11 de setembro de 2026
Brasil

Após aprovação no Congresso, Lula sanciona fim da “taxa das blusinhas”

Texto que foi assinado pelo presidente Lula mantém a isenção do imposto de importação sobre compras internacionais de até US$ 50/KEBEC NOGUEIRA/METRÓPOLES @kebecfotografo

O presidente Luiz Inácio Lula da Silva (PT) sancionou, nesta quinta-feira (10/9), o PLV 13/2026, que acaba com a cobrança do imposto de importação sobre remessas internacionais de até US$ 50, a chamada “taxa das blusinhas”. A medida busca aliviar o preço de compras feitas em plataformas digitais, como a Shein e a Shopee.

O texto, aprovado pelo Congresso Nacional na última semana, retira o piso de 20% do imposto de importação para as encomendas e permite ao Ministério da Fazenda isentar a alíquota.

Para compras de até US$ 3 mil, a Fazenda também poderá reduzir o percentual para até 30%. A regra anterior previa piso de 20% na primeira faixa e de 60% na segunda.

Caberá ao órgão definir os percentuais e diferenciar o tratamento conforme o tipo de remessa e a adesão das empresas a programas de conformidade da Receita Federal. O Imposto sobre Circulação de Mercadorias e Serviços (ICMS), tributo estadual, continua incidindo sobre essas compras.

Durante a cerimônia de sanção, no Palácio do Planalto, Lula defendeu que a medida representa uma “reparação” aos consumidores que adquirem produtos de pequeno valor pela internet. Ele também relembrou que o Congresso retomou a tributação em 2024 e rebateu as críticas de empresários sobre o fim da cobrança.

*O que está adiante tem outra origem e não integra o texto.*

// The parts of an encoding read from a text, by the names that `encoding_names` gives them: three letters, or numbers. Each function answers what it
// found and the place after it.

#![tactic(auto)]

ghost use Rattle.std.specs.Prelude.{◌≡◌, drop};
ghost use Rattle.buffer.specs.Ascii.{ascii};
ghost use Rattle.encoding_names.specs.Names.{semicolon};
ghost use Rattle.scanner.specs.Scan.{mapped, after};
ghost use Rattle.scanner.specs.Places.{found_at};
ghost use Rattle.decimal_parser.specs.ParseFloat.{float};
ghost use Rattle.names_parser.specs.ParseNames.{intent, pair, own_white, white, three_pairs, own_primaries, primaries, transfer};

use color_encoding::{JxlPrimaries, JxlTransferFunction, JxlWhitePoint, RenderingIntent};
use decimal_parser::float_at;
use scanner::{past, value_at};

// ---- the names

const INTENTS: [(&str, RenderingIntent); 4] = [
    ("Per", RenderingIntent::Perceptual),
    ("Rel", RenderingIntent::Relative),
    ("Sat", RenderingIntent::Saturation),
    ("Abs", RenderingIntent::Absolute),
];

const WHITES: [(&str, JxlWhitePoint); 3] = [
    ("D65", JxlWhitePoint::D65),
    ("EER", JxlWhitePoint::E),
    ("DCI", JxlWhitePoint::DCI),
];

const PRIMARIES: [(&str, JxlPrimaries); 3] = [
    ("SRG", JxlPrimaries::SRGB),
    ("202", JxlPrimaries::BT2100),
    ("DCI", JxlPrimaries::P3),
];

const TRANSFERS: [(&str, JxlTransferFunction); 6] = [
    ("709", JxlTransferFunction::BT709),
    ("Lin", JxlTransferFunction::Linear),
    ("SRG", JxlTransferFunction::SRGB),
    ("PeQ", JxlTransferFunction::PQ),
    ("DCI", JxlTransferFunction::DCI),
    ("HLG", JxlTransferFunction::HLG),
];

// ---- the intent

#[tactic(auto, unfolding(crate::specs::ParseNames::intent))]
pub fn intent_at(text: &[u8], at: usize) -> Option<(RenderingIntent, usize)>
    ensures { found_at text.now result ≡ intent (drop at text.now) }
{
    value_at(text, at, &INTENTS)
}

// ---- the white point

// Two numbers with a separator between them.
#[tactic(auto, unfolding(crate::specs::ParseNames::pair))]
fn pair_at(text: &[u8], at: usize, separator: &[u8]) -> Option<((f32, f32), usize)>
    ensures { found_at text.now result ≡ pair separator.now (drop at text.now) }
{
    let (x, next) = float_at(text, at)?;
    let next = past(text, next, separator)?;
    let (y, next) = float_at(text, next)?;
    Some(((x, y), next))
}

fn own_white_at(text: &[u8], at: usize) -> Option<(JxlWhitePoint, usize)>
    ensures { found_at text.now result ≡ mapped own_white (pair semicolon (drop at text.now)) }
{
    let ((wx, wy), next) = pair_at(text, at, b";")?;
    Some((JxlWhitePoint::Chromaticity { wx, wy }, next))
}

#[tactic(auto, unfolding(crate::specs::ParseNames::white))]
pub fn white_at(text: &[u8], at: usize) -> Option<(JxlWhitePoint, usize)>
    ensures { found_at text.now result ≡ white (drop at text.now) }
{
    value_at(text, at, &WHITES).or_else(|| own_white_at(text, at))
}

// ---- the primaries

#[tactic(auto, unfolding(crate::specs::ParseNames::three_pairs))]
fn own_primaries_at(text: &[u8], at: usize) -> Option<(JxlPrimaries, usize)>
    ensures { found_at text.now result ≡ mapped own_primaries (three_pairs (drop at text.now)) }
{
    let ((rx, ry), next) = pair_at(text, at, b",")?;
    let next = past(text, next, b";")?;
    let ((gx, gy), next) = pair_at(text, next, b",")?;
    let next = past(text, next, b";")?;
    let ((bx, by), next) = pair_at(text, next, b",")?;
    Some((
        JxlPrimaries::Chromaticities {
            rx,
            ry,
            gx,
            gy,
            bx,
            by,
        },
        next,
    ))
}

#[tactic(auto, unfolding(crate::specs::ParseNames::primaries))]
pub fn primaries_at(text: &[u8], at: usize) -> Option<(JxlPrimaries, usize)>
    ensures { found_at text.now result ≡ primaries (drop at text.now) }
{
    value_at(text, at, &PRIMARIES).or_else(|| own_primaries_at(text, at))
}

// ---- the transfer function

fn gamma_at(text: &[u8], at: usize) -> Option<(JxlTransferFunction, usize)>
    ensures { found_at text.now result ≡ mapped JxlTransferFunction.Gamma (after (ascii "g") float (drop at text.now)) }
{
    let next = past(text, at, b"g")?;
    let (g, next) = float_at(text, next)?;
    Some((JxlTransferFunction::Gamma(g), next))
}

#[tactic(auto, unfolding(crate::specs::ParseNames::transfer))]
pub fn transfer_at(text: &[u8], at: usize) -> Option<(JxlTransferFunction, usize)>
    ensures { found_at text.now result ≡ transfer (drop at text.now) }
{
    value_at(text, at, &TRANSFERS).or_else(|| gamma_at(text, at))
}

Além da isenção para compras de até US$ 50, o texto altera as regras para a importação de medicamentos não disponíveis no mercado interno. A medida vale para pessoas físicas, para uso próprio e individual, voltado ao uso do tratamento de doenças raras ou negligenciadas. No evento, Lula pediu que a isenção do imposto de importação fosse estendida a remédios adquiridos pelo Sistema Único de Saúde (SUS).

Histórico

Em maio, o governo federal zerou o imposto de importação para as compras de pequeno valor, depois do desgaste causado pelo retorno da cobrança, aprovado pelo Congresso em 2024.

A isenção havia sido feita por meio de medida provisória (MP), que tem validade por 120 dias. Após um acordo entre Lula e os presidentes Davi Alcolumbre (União-AP), do Senado, e Hugo Motta (Republicanos-PB), da Câmara, a matéria foi aprovada no limite do prazo para expiração.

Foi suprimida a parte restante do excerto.